--- DATA TO USE ---

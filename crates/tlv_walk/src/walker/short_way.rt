//! How a walker finds the next event in few instructions.
ghost use Rattle.std.specs.Prelude.{◌≡◌, IfNone, IfSome, take, true};
ghost use Rattle.tlv_head.specs.HeaderFields.{IsHeaderSized};
ghost use Rattle.tlv_walk.specs.Follow.{whole_events};
ghost use Rattle.tlv_walk.specs.Walker.{IsWithinInputLimit};
ghost use Rattle.tlv_walk.specs.Private.WalkerCalls.{CanPass, HasNoContents, HasOpenPrimitive, Passes};
ghost use Rattle.tlv_walk.specs.Private.WalkerCalls.{end_event_if_taken, enter_event_if_taken, header_at};
ghost use Rattle.tlv_walk.specs.Private.WalkerCalls.{open_event_if_taken, unused_event_if_taken};
ghost use Rattle.tlv_walk.specs.Private.Yields.{StepsAtOnce, YieldsEvents};

use super::{Phase, Walker};
use crate::Event;
use tlv_head::{HeaderFields, Size, read_short};

/// A whole primitive with which a piece begins.
#[derive(Clone, Copy)]
pub(crate) struct WholePrimitive {
    /// The fields of its header.
    pub fields: HeaderFields,
    /// The number of octets of its header.
    pub header_length: usize,
    /// The number of its octets, contents included.
    pub octet_count: usize,
}

/// The end of an element that holds others.
#[derive(Clone, Copy)]
pub(crate) enum HolderEnd {
    /// Of a constructed element, with the offset of its end-of-contents octets, if any.
    Close(Option<u64>),
    /// Of a string that holds encodings.
    Leave,
}

impl Walker<'_> {
    /// The primitive with which these octets begin, if they hold all of it, its header has few octets, its offset is
    /// not named, and it is allowed here. With `two_octets`, only if its header has two octets.
    #[inline(always)]
    pub(crate) fn primitive(&self, octets: &[u8], two_octets: bool) -> Option<WholePrimitive>
        requires { IsWithinInputLimit self.now octets.now }
        ensures { IfSome result (λ p. CanPass self.now octets.now p) }
    {
        let [first, ..] = octets else {
            return None;
        };
        // An octet 00 is padding or ends an element (8.1.5). To ask for it last takes the fewest instructions.
        if *first & 0x20 != 0
            || !matches!(self.phase, Phase::Between)
            || self.cursor.may_be_at(self.inside, self.offset)
            || *first == 0
        {
            return None;
        }
        if two_octets && !has_two_octets(octets) {
            return None;
        }
        let (fields, header_length) = read_short(self.offset, false, octets)?;
        if fields.constructed {
            return None;
        }
        let Size::Definite(length) = fields.size else {
            return None;
        };
        let octet_count = header_length + length as usize;
        if octet_count > octets.len() || !self.stack.is_within(self.offset + octet_count as u64) {
            return None;
        }
        Some(WholePrimitive {
            fields,
            header_length,
            octet_count,
        })
    }

    /// Takes the primitive with which the piece begins: its header, its contents and its end.
    #[inline(always)]
    pub(crate) fn pass<'a>(&mut self, primitive: &WholePrimitive, piece: &mut &'a [u8])
        requires can { CanPass self.old piece.old.now primitive.now }
        requires limit { IsWithinInputLimit self.old piece.old.now }
        ensures passes { Passes self.old self.new piece.old.now piece.new.now }
        ensures yields { YieldsEvents self.old self.new piece.old.now piece.new.now
            (whole_events (header_at primitive.now piece.old.now)
            (take primitive.now.octet_count piece.old.now)) }
    {
        let octets: &'a [u8] = *piece;
        let (_, rest) = octets.split_at(primitive.octet_count);
        *piece = rest;
        self.offset += primitive.octet_count as u64;
        // The events: the header, the contents if there are any, and the end.
        self.events += if primitive.header_length == primitive.octet_count {
            2
        } else {
            3
        };
        self.has_element = true;
    }

    /// Takes the header with which the piece begins, if it is a short header of a constructed element that is allowed
    /// here; otherwise takes nothing.
    #[inline(always)]
    pub(crate) fn constructed<'a>(
        &mut self,
        piece: &mut &'a [u8],
    ) -> Option<(HeaderFields, &'a [u8])>
        requires { IsWithinInputLimit self.old piece.old.now }
        ensures steps { StepsAtOnce self.old self.new piece.old.now piece.new.now
            (open_event_if_taken result) }
        ensures sized { IfSome result (λ found. IsHeaderSized found.0 found.1.now) }
        ensures constructed { IfSome result (λ found. found.0.constructed ≡ true) }
    {
        if !matches!(self.phase, Phase::Between) {
            return None;
        }
        let octets: &'a [u8] = *piece;
        let [first, ..] = octets else {
            return None;
        };
        if *first & 0x20 == 0 {
            return None;
        }
        let named = self.cursor.is_at(self.inside, self.offset);
        let (fields, count) = read_short(self.offset, named, octets)?;
        if !fields.constructed {
            return None;
        }
        let (front, rest) = octets.split_at(count);
        if !self.fits_there(&fields, front) {
            return None;
        }
        *piece = rest;
        self.take_header(&fields, front);
        Some((fields, front))
    }

    /// Takes the end of the innermost element if it ends here: its contents are complete, or both end-of-contents
    /// octets are in the piece. Otherwise takes nothing.
    #[inline(always)]
    pub(crate) fn close<'a>(&mut self, piece: &mut &'a [u8]) -> Option<HolderEnd>
        requires { IsWithinInputLimit self.old piece.old.now }
        ensures { StepsAtOnce self.old self.new piece.old.now piece.new.now
            (end_event_if_taken result) }
    {
        if !matches!(self.phase, Phase::Between) {
            return None;
        }
        if !self.stack.is_filled(self.offset) {
            return self.take_end_octets(piece);
        }
        self.events += 1;
        if self.stack.is_in_wrapper() {
            self.stack.pop();
            return Some(HolderEnd::Leave);
        }
        self.stack.pop();
        Some(HolderEnd::Close(None))
    }

    /// Takes contents of the open primitive, or its end. Takes nothing if no primitive is open, or if its next
    /// contents octet is not in the piece.
    #[inline(always)]
    pub(crate) fn contents_event<'a>(&mut self, piece: &mut &'a [u8]) -> Option<Event<'a>>
        requires { IsWithinInputLimit self.old piece.old.now }
        ensures steps { StepsAtOnce self.old self.new piece.old.now piece.new.now result }
        ensures none { IfNone result (HasNoContents self.old piece.old.now) }
        ensures some { IfSome result (λ e. HasOpenPrimitive self.old.phase) }
    {
        let Phase::InPrimitive(left) = self.phase else {
            return None;
        };
        if left == 0 {
            return Some(self.end_primitive());
        }
        if piece.is_empty() {
            return None;
        }
        Some(self.contents(left, piece))
    }

    /// Takes the header with which the piece begins, if it is a short header of a string that holds encodings and is
    /// allowed here; otherwise takes nothing.
    #[inline(always)]
    pub(crate) fn wrapper<'a>(&mut self, piece: &mut &'a [u8]) -> Option<(HeaderFields, &'a [u8])>
        requires { IsWithinInputLimit self.old piece.old.now }
        ensures steps { StepsAtOnce self.old self.new piece.old.now piece.new.now
            (enter_event_if_taken result) }
        ensures sized { IfSome result (λ found. IsHeaderSized found.0 found.1.now) }
    {
        if !matches!(self.phase, Phase::Between) {
            return None;
        }
        if !self.cursor.is_at(self.inside, self.offset) {
            return None;
        }
        let octets: &'a [u8] = *piece;
        let (fields, count) = read_short(self.offset, true, octets)?;
        if fields.constructed || !fields.wraps() {
            return None;
        }
        let (front, rest) = octets.split_at(count);
        if !self.fits_there(&fields, front) {
            return None;
        }
        *piece = rest;
        self.take_header(&fields, front);
        Some((fields, front))
    }

    /// Takes the first contents octet of a BIT STRING that holds encodings, if it comes next and is `00`. Returns
    /// whether it did; otherwise takes nothing.
    #[inline(always)]
    pub(crate) fn no_unused_bits<'a>(&mut self, piece: &mut &'a [u8]) -> bool
        requires { IsWithinInputLimit self.old piece.old.now }
        ensures { StepsAtOnce self.old self.new piece.old.now piece.new.now
            (unused_event_if_taken result) }
    {
        if !matches!(self.phase, Phase::InBitString) {
            return false;
        }
        let octets: &'a [u8] = *piece;
        let [octet, rest @ ..] = octets else {
            return false;
        };
        if *octet != 0 {
            return false;
        }
        *piece = rest;
        self.offset += 1;
        self.events += 1;
        self.phase = Phase::Between;
        true
    }
}

/// Whether the octets begin with a tag in the low form and a length in the short form, one octet each.
#[inline(always)]
fn has_two_octets(octets: &[u8]) -> bool {
    match octets {
        [identifier, length, ..] => *identifier & 0x1f != 0x1f && *length < 0x80,
        _ => false,
    }
}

---

■ **TASK PROMPT**
From the records, copy every line that has the string "begins" in it.

■ **EXERCISE RESULT**
/// A whole primitive with which a piece begins.
    /// Takes the primitive with which the piece begins: its header, its contents and its end.
    /// Takes the header with which the piece begins, if it is a short header of a constructed element that is allowed
    /// Takes the header with which the piece begins, if it is a short header of a string that holds encodings and is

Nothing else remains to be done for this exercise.